_Assignment_: Output every record below exactly as it appears.

_Stored data entries_:
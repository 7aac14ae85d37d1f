// The parents of faces in an accepted image.
#![tactic(auto)]

mod face; // face.rt: the section that brings a face, and its parents there
mod rows_of; // rows_of.rt: the parents that a section stores as a row

pub use face::{any_parents, parents_of_face, section_with_face};
pub use rows_of::{has_parents, parents_row};
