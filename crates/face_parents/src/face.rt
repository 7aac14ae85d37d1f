// One face of a zone of an accepted image: the section that brings it, and the parents that it has there.
ghost use Rattle.std.specs.Prelude.{◌≡◌, true, [], ◌∷◌, ◌≤◌, ◌<◌};
ghost use Rattle.model.specs.Found.{if_below};
ghost use Rattle.model.specs.Lists.{some_from};
ghost use Rattle.model.specs.Rules.{◌unless◌, answer, check, ◌gives◌};
ghost use Rattle.model.specs.Answers.{parents_tells};
ghost use Rattle.model.specs.Image.{tree_of, node_count};
ghost use Rattle.model.specs.Given.{Accepted};
ghost use Rattle.model.specs.Containment.{found};
ghost use Rattle.model.specs.Elements.{element_count, in_range, has_face, face_of, section_with_face, parents_of};
ghost use Rattle.model.specs.ParentElements.{stored_parents, has_parents};
ghost use Rattle.index.specs.Index.{Index};
ghost use Rattle.face_places.specs.ZoneSections.{Section};
ghost use Rattle.face_parents.specs.Parents.{Columns};

use super::rows_of::{has_parents, parents_row};
use element_types::NGON;
use face_places::zone_sections::{has_type, span_of};
use model::{ParentPair, Rejection};
use rows::number_at;

// Does node s bring face f to zone z?
fn has_face(image: &[u8], index: &[u16], z: usize, f: u64, s: usize) -> bool
    requires { Accepted image.now × (Index image.now index.now × (s < node_count image.now)) }
    ensures { result ≡ has_face (tree_of image.now) z f s }
{
    if !has_type(image, index, z, s, NGON) {
        return false;
    }
    let span = span_of(image, index, s);
    if f < span.first {
        return false;
    }
    f <= span.last
}

// The section that brings face f to zone z.
pub fn section_with_face(image: &[u8], index: &[u16], z: usize, f: u64) -> Option<usize>
    requires { Accepted image.now × Index image.now index.now }
    ensures { result ≡ if_below (node_count image.now) (section_with_face (tree_of image.now) z f) }
{
    (0..labels::node_count(image)).find(|s| has_face(image, index, z, f, *s))
}

// Does a face section of zone z have the parents of its faces?
pub fn any_parents(image: &[u8], index: &[u16], z: usize) -> bool
    requires { Accepted image.now × Index image.now index.now }
    ensures { result ≡ some_from (has_parents (tree_of image.now) z) (node_count image.now) 0 }
{
    (0..labels::node_count(image)).any(|s| has_parents(image, index, z, s))
}

// The parents of face f, which section s stores in node a.
fn stored_parents(image: &[u8], index: &[u16], s: usize, a: usize, f: u64) -> ParentPair
    requires section { Section image.now index.now s × (in_range (tree_of image.now) s f ≡ true) }
    requires a_value { (a ≡ parents_of (tree_of image.now) s) × Columns image.now a (element_count (tree_of image.now) s) }
    ensures { parents_tells (Ok result) ≡ answer (stored_parents (tree_of image.now) s f) }
{
    let span = span_of(image, index, s);
    let row = parents_row(image, Some(a));
    let k = (f - span.first) as usize;
    let n = (span.last - span.first + 1) as usize;
    let first = number_at(image, row, k);
    let second = number_at(image, row, n + k);
    ParentPair { first, second }
}

// The parents of face f of zone z, as its section stores them: 41 where f is no face of the zone, 54 where its section has no parents.
pub fn parents_of_face(
    image: &[u8],
    index: &[u16],
    z: usize,
    f: u64,
) -> Result<ParentPair, Rejection>
    requires { Accepted image.now × Index image.now index.now }
    ensures { parents_tells result
        ≡ (check 0 (41 unless face_of (tree_of image.now) z f
        ∷ 54 unless found (tree_of image.now) (parents_of (tree_of image.now) (section_with_face (tree_of image.now) z f))
        ∷ [])
        gives stored_parents (tree_of image.now) (section_with_face (tree_of image.now) z f) f) }
{
    let Some(s) = section_with_face(image, index, z, f) else {
        return Err(Rejection::at(41, 0));
    };
    let Some(a) = sids::parents_of(image, index, s, NGON) else {
        return Err(Rejection::at(54, 0));
    };
    Ok(stored_parents(image, index, s, a, f))
}
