// The parents that a face section stores, as a row of numbers: the first parents of its faces, then the second ones.
ghost use Rattle.std.specs.Prelude.{◌≡◌, ◌<◌, ℕ, Some, get_or};
ghost use Rattle.std.specs.Option.{unwrap_or};
ghost use Rattle.model.specs.Image.{tree_of, node_count, dimensions};
ghost use Rattle.model.specs.Given.{Sound, Accepted};
ghost use Rattle.model.specs.ParentElements.{has_parents};
ghost use Rattle.index.specs.Index.{Index};
ghost use Rattle.face_parents.specs.Parents.{Columns, ParentRow};

use element_types::NGON;
use face_places::zone_sections::has_type;
use rows::Row;

// The numbers of a node that stores two columns; an empty row where there is no such node.
pub fn parents_row(image: &[u8], node: Option<usize>) -> Row
    requires sound { Sound image.now }
    requires columns { (a : ℕ) → node ≡ Some a → Columns image.now a (get_or (dimensions (tree_of image.now) a) 0 0) }
    ensures { let a = unwrap_or node (node_count image.now) in ParentRow image.now a (get_or (dimensions (tree_of image.now) a) 0 0) result }
{
    let Some(a) = node else {
        return Row {
            at: 0,
            width: 4,
            n: 0,
        };
    };
    let at = records::data_start(image, a);
    let width = records::width_at(image, a);
    let n = records::dimension(image, a, 0) as usize;
    Row {
        at,
        width,
        n: 2 * n,
    }
}

// Is node s a face section of zone z with the parents of its faces?
pub fn has_parents(image: &[u8], index: &[u16], z: usize, s: usize) -> bool
    requires { Accepted image.now × (Index image.now index.now × (s < node_count image.now)) }
    ensures { result ≡ has_parents (tree_of image.now) z s }
{
    if !has_type(image, index, z, s, NGON) {
        return false;
    }
    sids::parents_of(image, index, s, NGON).is_some()
}
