// What is read of the contours of a sheet.
ghost use Rattle.sheet.specs.Reading.{ListsReady};

// A sheet's contours: length, region and area code of each, and x, y, z and flag of each vertex. There is room for 32 contours and
// 96 vertices.
#[derive(Clone, Copy)]
pub struct Lists {
    pub lengths: [u32; 32],
    pub regions: [u16; 32],
    pub codes: [u8; 32],
    pub numbers: [u16; 384],
}

impl Lists {
    // Nothing is read yet.
    pub fn new() -> Lists
        ensures { ListsReady result.lengths result.regions result.codes result.numbers }
    {
        Lists {
            lengths: [0; 32],
            regions: [0; 32],
            codes: [0; 32],
            numbers: [0; 384],
        }
    }
}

_Output for this exercise_:
repository 7aac14ae85d37d1f
// The parents of faces in an accepted image.
#![tactic(auto)]

mod face; // face.rt: the section that brings a face, and its parents there
mod rows_of; // rows_of.rt: the parents that a section stores as a row

pub use face::{any_parents, parents_of_face, section_with_face};
pub use rows_of::{has_parents, parents_row};
filename crates/face_parents/src/face.rt
repository 7aac14ae85d37d1f
// One face of a zone of an accepted image: the section that brings it, and the parents that it has there.
ghost use Rattle.std.specs.Prelude.{◌≡◌, true, [], ◌∷◌, ◌≤◌, ◌<◌};
ghost use Rattle.model.specs.Found.{if_below};
ghost use Rattle.model.specs.Lists.{some_from};
ghost use Rattle.model.specs.Rules.{◌unless◌, answer, check, ◌gives◌};
ghost use Rattle.model.specs.Answers.{parents_tells};
ghost use Rattle.model.specs.Image.{tree_of, node_count};
ghost use Rattle.model.specs.Given.{Accepted};
ghost use Rattle.model.specs.Containment.{found};
ghost use Rattle.model.specs.Elements.{element_count, in_range, has_face, face_of, section_with_face, parents_of};
ghost use Rattle.model.specs.ParentElements.{stored_parents, has_parents};
ghost use Rattle.index.specs.Index.{Index};
ghost use Rattle.face_places.specs.ZoneSections.{Section};
ghost use Rattle.face_parents.specs.Parents.{Columns};

use super::rows_of::{has_parents, parents_row};
use element_types::NGON;
use face_places::zone_sections::{has_type, span_of};
use model::{ParentPair, Rejection};
use rows::number_at;

// Does node s bring face f to zone z?
fn has_face(image: &[u8], index: &[u16], z: usize, f: u64, s: usize) -> bool
    requires { Accepted image.now × (Index image.now index.now × (s < node_count image.now)) }
    ensures { result ≡ has_face (tree_of image.now) z f s }
{
    if !has_type(image, index, z, s, NGON) {
        return false;
    }
    let span = span_of(image, index, s);
    if f < span.first {
        return false;
    }
    f <= span.last
}

// The section that brings face f to zone z.
pub fn section_with_face(image: &[u8], index: &[u16], z: usize, f: u64) -> Option<usize>
    requires { Accepted image.now × Index image.now index.now }
    ensures { result ≡ if_below (node_count image.now) (section_with_face (tree_of image.now) z f) }
{
    (0..labels::node_count(image)).find(|s| has_face(image, index, z, f, *s))
}

// Does a face section of zone z have the parents of its faces?
pub fn any_parents(image: &[u8], index: &[u16], z: usize) -> bool
    requires { Accepted image.now × Index image.now index.now }
    ensures { result ≡ some_from (has_parents (tree_of image.now) z) (node_count image.now) 0 }
{
    (0..labels::node_count(image)).any(|s| has_parents(image, index, z, s))
}

// The parents of face f, which section s stores in node a.
fn stored_parents(image: &[u8], index: &[u16], s: usize, a: usize, f: u64) -> ParentPair
    requires section { Section image.now index.now s × (in_range (tree_of image.now) s f ≡ true) }
    requires a_value { (a ≡ parents_of (tree_of image.now) s) × Columns image.now a (element_count (tree_of image.now) s) }
    ensures { parents_tells (Ok result) ≡ answer (stored_parents (tree_of image.now) s f) }
{
    let span = span_of(image, index, s);
    let row = parents_row(image, Some(a));
    let k = (f - span.first) as usize;
    let n = (span.last - span.first + 1) as usize;
    let first = number_at(image, row, k);
    let second = number_at(image, row, n + k);
    ParentPair { first, second }
}

// The parents of face f of zone z, as its section stores them: 41 where f is no face of the zone, 54 where its section has no parents.
pub fn parents_of_face(
    image: &[u8],
    index: &[u16],
    z: usize,
    f: u64,
) -> Result<ParentPair, Rejection>
    requires { Accepted image.now × Index image.now index.now }
    ensures { parents_tells result
        ≡ (check 0 (41 unless face_of (tree_of image.now) z f
        ∷ 54 unless found (tree_of image.now) (parents_of (tree_of image.now) (section_with_face (tree_of image.now) z f))
        ∷ [])
        gives stored_parents (tree_of image.now) (section_with_face (tree_of image.now) z f) f) }
{
    let Some(s) = section_with_face(image, index, z, f) else {
        return Err(Rejection::at(41, 0));
    };
    let Some(a) = sids::parents_of(image, index, s, NGON) else {
        return Err(Rejection::at(54, 0));
    };
    Ok(stored_parents(image, index, s, a, f))
}
// The parents that a face section stores, as a row of numbers: the first parents of its faces, then the second ones.
ghost use Rattle.std.specs.Prelude.{◌≡◌, ◌<◌, ℕ, Some, get_or};
ghost use Rattle.std.specs.Option.{unwrap_or};
ghost use Rattle.model.specs.Image.{tree_of, node_count, dimensions};
ghost use Rattle.model.specs.Given.{Sound, Accepted};
ghost use Rattle.model.specs.ParentElements.{has_parents};
ghost use Rattle.index.specs.Index.{Index};
ghost use Rattle.face_parents.specs.Parents.{Columns, ParentRow};

use element_types::NGON;
use face_places::zone_sections::has_type;
use rows::Row;

// The numbers of a node that stores two columns; an empty row where there is no such node.
pub fn parents_row(image: &[u8], node: Option<usize>) -> Row
    requires sound { Sound image.now }
    requires columns { (a : ℕ) → node ≡ Some a → Columns image.now a (get_or (dimensions (tree_of image.now) a) 0 0) }
    ensures { let a = unwrap_or node (node_count image.now) in ParentRow image.now a (get_or (dimensions (tree_of image.now) a) 0 0) result }
{
    let Some(a) = node else {
        return Row {
            at: 0,
            width: 4,
            n: 0,
        };
    };
    let at = records::data_start(image, a);
    let width = records::width_at(image, a);
    let n = records::dimension(image, a, 0) as usize;
    Row {
        at,
        width,
        n: 2 * n,
    }
}

// Is node s a face section of zone z with the parents of its faces?
pub fn has_parents(image: &[u8], index: &[u16], z: usize, s: usize) -> bool
    requires { Accepted image.now × (Index image.now index.now × (s < node_count image.now)) }
    ensures { result ≡ has_parents (tree_of image.now) z s }
{
    if !has_type(image, index, z, s, NGON) {
        return false;
    }
    sids::parents_of(image, index, s, NGON).is_some()
}
// What is read of the contours of a sheet.
ghost use Rattle.sheet.specs.Reading.{ListsReady};

// A sheet's contours: length, region and area code of each, and x, y, z and flag of each vertex. There is room for 32 contours and
// 96 vertices.
#[derive(Clone, Copy)]
pub struct Lists {
    pub lengths: [u32; 32],
    pub regions: [u16; 32],
    pub codes: [u8; 32],
    pub numbers: [u16; 384],
}

impl Lists {
    // Nothing is read yet.
    pub fn new() -> Lists
        ensures { ListsReady result.lengths result.regions result.codes result.numbers }
    {
        Lists {
            lengths: [0; 32],
            regions: [0; 32],
            codes: [0; 32],
            numbers: [0; 384],
        }
    }
}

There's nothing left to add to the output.